説明

窒化物半導体基板

【課題】IF加工を省略しても目視にて表裏の判別が可能で、しかも端面部の加工歪を除去することが可能とする方法を提供する。
【解決手段】半導体素子が形成される面を表面11とし、表面11の反対側を裏面12とし、表面11及び裏面12に連接する面を端面13とする透明な窒化物半導体基板10において、端面13が表面11から裏面12にわたり傾斜しており、窒化物半導体基板10の表面11及び裏面12の中心を通る基板10の厚さ方向の断面において、表面11と端面13とのなす角度をθ1、裏面12と端面13とのなす角度をθ2とするとき、θ1>θ2であり、θ1とθ2との差が10°以上である。

【発明の詳細な説明】
【技術分野】
【0001】
本発明は窒化物半導体基板に関する。
【背景技術】
【0002】
近年、高寿命青色レーザーや高輝度青色LED、高特性電子デバイス向けに使用される窒化ガリウム単結晶基板として、HVPE(Hydride Vapor Phase Epitaxy)法等により成長された低転位の自立型窒化ガリウム単結晶基板が製造されている。本窒化ガリウム単結晶基板は、一般的に、両面ミラーで加工され、加工歪がない状態に加工すると透明な基板となる。したがって、半導体素子が形成される表面と、そうではない裏面とを判別する必要がある。従来、基板の表裏を判別するには種々の方法が採用されている。
【0003】
例えば、インデックスフラット(IF)を形成する方法がある。基板の表裏は、一般的に、結晶方位を示すオリエンテーションフラット(OF)だけでは判別できない。また、透明で見えにくい窒化ガリウム基板にあっては、基板の表面側と裏面側とを単に面取りするだけでは、面取り形状が傾斜角であったり円弧断面であったりしても、輪郭がくっきりと見えるようにはなるが、基板の表裏を判別することはできない。そこで、OFと異なる長さに加工したIFを基板外周部に形成している(例えば、特許文献1参照)。
【0004】
また、基板の端面を片面だけ面取り加工する方法がある。基板の表裏面のうち表面側だけを面取りし、裏面側を面取りせずにそのまま残して表裏非対称に加工している(例えば、特許文献2参照)。
【0005】
さらに、ノッチ部を面取りする方法がある。結晶方位を示すオリエンテーションフラット(OF)の代わりにノッチを形成する。ノッチだと表裏の判別がしづらいため、さらにノッチ部の表裏の面取り量を異ならせている(例えば、特許文献3参照)。
【0006】
なお、基板の表裏を判別するものではないが、ウェハの裏面を研削して薄化する際に、ウェハにかかるストレスを低減し、クラックやワレ不良を抑制する方法として、裏面側の面取り量を表面側よりも多くなるように面取り加工する方法(例えば、特許文献4参照)がある。
【先行技術文献】
【特許文献】
【0007】
【特許文献1】特開2002−356398号公報( [0008]〜 [0009]、図6)
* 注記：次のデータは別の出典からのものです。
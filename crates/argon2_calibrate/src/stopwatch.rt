//! Measuring the time of hashes.

ghost use Rattle.std.specs.Prelude.{None};
ghost use Rattle.argon2.specs.Argon2.{IsContextOf};
ghost use Rattle.argon2.specs.Settings.{AreValid, cost_parameters};
ghost use Rattle.argon2.specs.declared.algorithm.Algorithm.TheVariants.{Argon2id};
ghost use Rattle.argon2.specs.declared.version.Version.TheVariants.{V0x13};

use argon2::{Algorithm, Argon2, Params, Version};
use argon2_io::Failure;
use std::alloc::Global;
use std::rt::{Clock, CpuClock};
use std::time::{Duration, Instant};

const NO_CLOCK: Failure = Failure::Other("the clock can't be read");

const REFUSED: Failure = Failure::Other("hashing is refused");

/// The times of three hashes, in microseconds.
#[derive(Clone, Copy, Debug, PartialEq, Eq)]
pub struct Times {
    /// The time of each hash.
    pub taken: [u64; 3],
    /// The greatest time that the processor worked for one of the hashes.
    pub worked: u64,
}

/// Measures hashes by Argon2id.
pub trait Stopwatch {
    ghost use Rattle.std.specs.Prelude.{ℕ, ⊤, Option, IfOk, option_map};
    ghost use Rattle.argon2_calibrate.specs.declared.stopwatch.Times.{Times};

    // The times that three hashes with these lanes, blocks and passes may take; none if their memory may be refused.
    ghost may_take: { ℕ → ℕ → ℕ → Option Times → Type 0 } = { λ _ _ _ _. ⊤ };

    /// The times of three hashes with these lanes, blocks of 1024 bytes and passes; none if their memory is refused.
    ///
    /// # Errors
    /// The clock can't be read.
    fn times(&mut self, lanes: u32, m_cost: u32, t_cost: u32) -> Result<Option<Times>, Failure>
        ensures { IfOk result (λ times. may_take lanes m_cost t_cost times) };
}

/// The machine that the program runs on.
#[derive(Drop)]
pub struct Machine<'a, C: Clock + CpuClock> {
    alloc: Global,
    clock: &'a C,
    available: u32,
}

impl<'a, C: Clock + CpuClock> Machine<'a, C> {
    /// The machine with this clock, which refuses more than `available` blocks of memory.
    pub fn new(alloc: Global, clock: &'a C, available: u32) -> Machine<'a, C> {
        Machine {
            alloc,
            clock,
            available,
        }
    }

    // The microseconds that one hash takes, and the microseconds that the processor works for it; none if its memory is
    // refused.
    fn time(&self, argon2: &Argon2<'_>) -> Result<Option<(u64, u64)>, Failure> {
        let mut tag = [0; Params::DEFAULT_OUTPUT_LEN];
        let worked = self.clock.process_cpu_time().or(Err(NO_CLOCK))?;
        let begun = Instant::now(self.clock).or(Err(NO_CLOCK))?;
        match argon2.hash_password_into(self.alloc, b"password", b"somesaltsomesalt", &mut tag) {
            Ok(()) => {}
            Err(argon2::Error::OutOfMemory) => return Ok(None),
            Err(_) => return Err(REFUSED),
        }
        let taken = begun.elapsed(self.clock).or(Err(NO_CLOCK))?;
        let works = self.clock.process_cpu_time().or(Err(NO_CLOCK))?;
        Ok(Some((micros(taken), micros(works.saturating_sub(worked)))))
    }
}

// A time in microseconds.
fn micros(time: Duration) -> u64 {
    u64::try_from(time.as_micros()).unwrap_or(u64::MAX)
}

// Argon2id with these lanes, blocks and passes, which is timed.
fn argon2id(lanes: u32, m_cost: u32, t_cost: u32) -> argon2::Result<Argon2<'static>>
    ensures { IsContextOf Argon2id V0x13 (cost_parameters m_cost t_cost lanes None) result }
{
    let params = Params::new(m_cost, t_cost, lanes, None)?;
    Ok(Argon2::new(Algorithm::Argon2id, Version::V0x13, params))
}

impl<C: Clock + CpuClock> Stopwatch for Machine<'_, C> {
    // Only valid costs have a time.
    ghost may_take = { λ lanes m_cost t_cost _. AreValid (cost_parameters m_cost t_cost lanes None) };

    fn times(&mut self, lanes: u32, m_cost: u32, t_cost: u32) -> Result<Option<Times>, Failure> {
        let argon2 = argon2id(lanes, m_cost, t_cost).or(Err(REFUSED))?;
        if m_cost > self.available {
            return Ok(None);
        }
        let (Some(a), Some(b), Some(c)) = (
            self.time(&argon2)?,
            self.time(&argon2)?,
            self.time(&argon2)?,
        ) else {
            return Ok(None);
        };
        Ok(Some(Times {
            taken: [a.0, b.0, c.0],
            worked: a.1.max(b.1).max(c.1),
        }))
    }
}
【特許文献2】特開昭58−71616号公報(第2頁、第12図、第13図)
【特許文献3】特開2000−331898号公報( [0010]、図1)
【特許文献4】特開2005−251961号公報( [0011]、図1、図2)
【発明の概要】
【発明が解決しようとする課題】
【0008】
しかし、特許文献1のようにIFをつけると、目視にて表裏の判別が可能となるものの、窒化ガリウム単結晶基板をはじめとする窒化物半導体基板が非常に高価な材料であり、基板面積が小さくなるため、取得できるチップ数が減少し、コスト高の要因となっていた。
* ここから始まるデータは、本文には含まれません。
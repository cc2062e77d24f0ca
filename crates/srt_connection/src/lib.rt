// The stand-in for `SrtConnection` (document 01, "The stand-in leg"): what a leg does, by value. Its queue of events stands in
// srt_connection_queue, the lent table of members with their legs and queues in srt_connection_members.

#![tactic(auto)]

pub mod legs; // legs.rt: a leg by value
pub mod readings; // readings.rt: a leg's field by its number
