// A packet into its place in ascending order. No held packet has its cell, so no row in use is written over.
#[tactic(auto, using(crate::specs::Laws::PacketLaws::room_enough))]
pub fn insert(pending: &mut [u64], count: usize, packet: Packet)
    requires pending_size_in_bounds { (pending_size ≤ length pending.old) × (count < max_pending) }
    requires pending_value { ascends (packets count pending.old) ≡ true }
    requires pending_value_2 { is_held packet.content.sequence (packets count pending.old) ≡ false }
    requires sequence_le_largest_sequence { (packet.content.sequence ≤ largest_sequence) × (packet.content.cell < max_cells) }
    requires pending_value_3 { is_among packet.content.cell (pending_cells (packets count pending.old)) ≡ false }
    ensures { Holds (length pending.old) pending.new (count + 1) (insert packet (packets count pending.old)) }
{
    let sequence = packet.content.sequence;
    let at = place(pending, count, sequence);
    open_place(pending, count, at);
    let word = slot(pending, at);
    pending[word] = sequence * CELLS + packet.content.cell;
    put_row(pending, packet);
}

// The packets from a place up to another are taken out: those on the shorter side move.
fn remove_range(pending: &mut [u64], count: usize, from: usize, end: usize)
    requires pending_size_in_bounds { (pending_size ≤ length pending.old) × (count ≤ max_pending) }
    requires from_le_end { (from ≤ end) × (end ≤ count) }
    ensures { Without pending.old count from end pending.new }
{
    let start = ring_start(pending);
    let width = end - from;
    if from <= count - end {
        move_up(&mut pending[0..INDEX_WORDS], start, 0, from, width);
        pending[START] = ((start + width) % INDEX_WORDS) as u64;
        return;
    }
    move_down(&mut pending[0..INDEX_WORDS], start, from, count, width);
}

// The packet at a place is taken out.
#[tactic(auto, using(crate::specs::Laws::PacketLaws::packet_removed))]
pub fn remove(pending: &mut [u64], count: usize, at: usize)
    requires { (pending_size ≤ length pending.old) × (at < count) × (count ≤ max_pending) }
    ensures { Holds (length pending.old) pending.new (count - 1) (removed at (packets count pending.old)) }
{
    remove_range(pending, count, at, at + 1);
}

// The nearest packet in wrapping order. Either none lies half a space above the lowest, and that one is nearest, or the first of
// those above is. It is the least far ahead of the base where all are less than half a space ahead: so by the schedule's premise
// (demand 3), not in every state.
#[tactic(auto, using(crate::specs::Laws::PacketLaws::nearest_wraps, crate::specs::Laws::PacketLaws::nearest_lowest, crate::specs::Laws::PacketLaws::nearest_none, crate::specs::Laws::PacketIndex::sequence_small), unfolding(srt_protocol::specs::Sequence::half))]
pub fn nearest(pending: &[u64], count: usize) -> Option<usize>
    requires pending_size_in_bounds { (pending_size ≤ length pending.now) × (count ≤ max_pending) }
    requires pending_value { ascends (packets count pending.now) ≡ true }
    ensures { FoundPacket pending.now count result (nearest (packets count pending.now)) }
{
    if count == 0 {
        return None;
    }
    let lowest = sequence_at(pending, 0);
    let wrapped = place(pending, count, lowest + SEQUENCE_HALF_SPACE as u64);
    if wrapped < count {
        return Some(wrapped);
    }
    Some(0)
}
また、特許文献2では、不透明な基板の場合には有効であるが、窒化物半導体基板のよ
うな透明な基板の場合、片面だけの面取り加工であると、表裏面の判別が必ずしも有効ではなかった。また、特許文献3のようにノッチ部に面取りを形成する方法では、SiやGaAsと異なり、窒化ガリウムのような硬い窒化物半導体基板の場合には、ノッチ自体の形成が困難であるため、その適用が困難であった。
【0009】
なお、特許文献4の技術を窒化物半導体基板に適用して、裏面側の面取量が多くなるように加工することも考えられるが、面取り加工時の加工歪みを取るために行われるドライエッチングでは、ガスが裏面まで回りこみにくく面取加工時に生じた加工歪が残り、残留応力により後工程でワレが生じやすくなるというおそれがあった。
【0010】
したがって、透明基板では、従来、表裏面を目視にて判別するには、IF加工がもっとも有効とされていた。
【0011】
本発明の目的は、IF加工を省略しても目視にて表裏の判別が可能で、しかも端面部の加工歪を除去することが可能な窒化物半導体基板を提供することにある。
【課題を解決するための手段】
【0012】
本発明の主要な観点によれば、半導体素子が形成される面を表面とし、該表面の反対側を裏面とし、前記表面及び前記裏面に連接する面を端面とする透明な窒化物半導体基板において、前記端面が前記表面から前記裏面にわたり傾斜しており、前記窒化物半導体基板の前記表面及び裏面の中心を通る基板厚さ方向の断面において、前記表面と前記端面とのなす角度をθ1、前記裏面と前記端面とのなす角度をθ2とするとき、θ1>θ2であり、前記角度θ1と前記角度θ2との差が10°以上であることを特徴とする窒化物半導体基板が提供される。この場合において、前記端面の傾斜が直線状であったり、弧を持つ形状であったりすることが好ましい。また、前記角度θ1と前記角度θ2との差が60°以下であることが好ましい。
【発明の効果】
【0013】
本発明によれば、IF加工を省略しても目視にて表裏の判別ができ、しかも端面部の加工歪を除去することができる。
【図面の簡単な説明】
【0014】
【図1】本発明の一実施形態の窒化物半導体基板の表面と傾斜がなす角θ1が、裏面と傾斜のなす角θ2より大きい場合の基板中心を通る断面図である。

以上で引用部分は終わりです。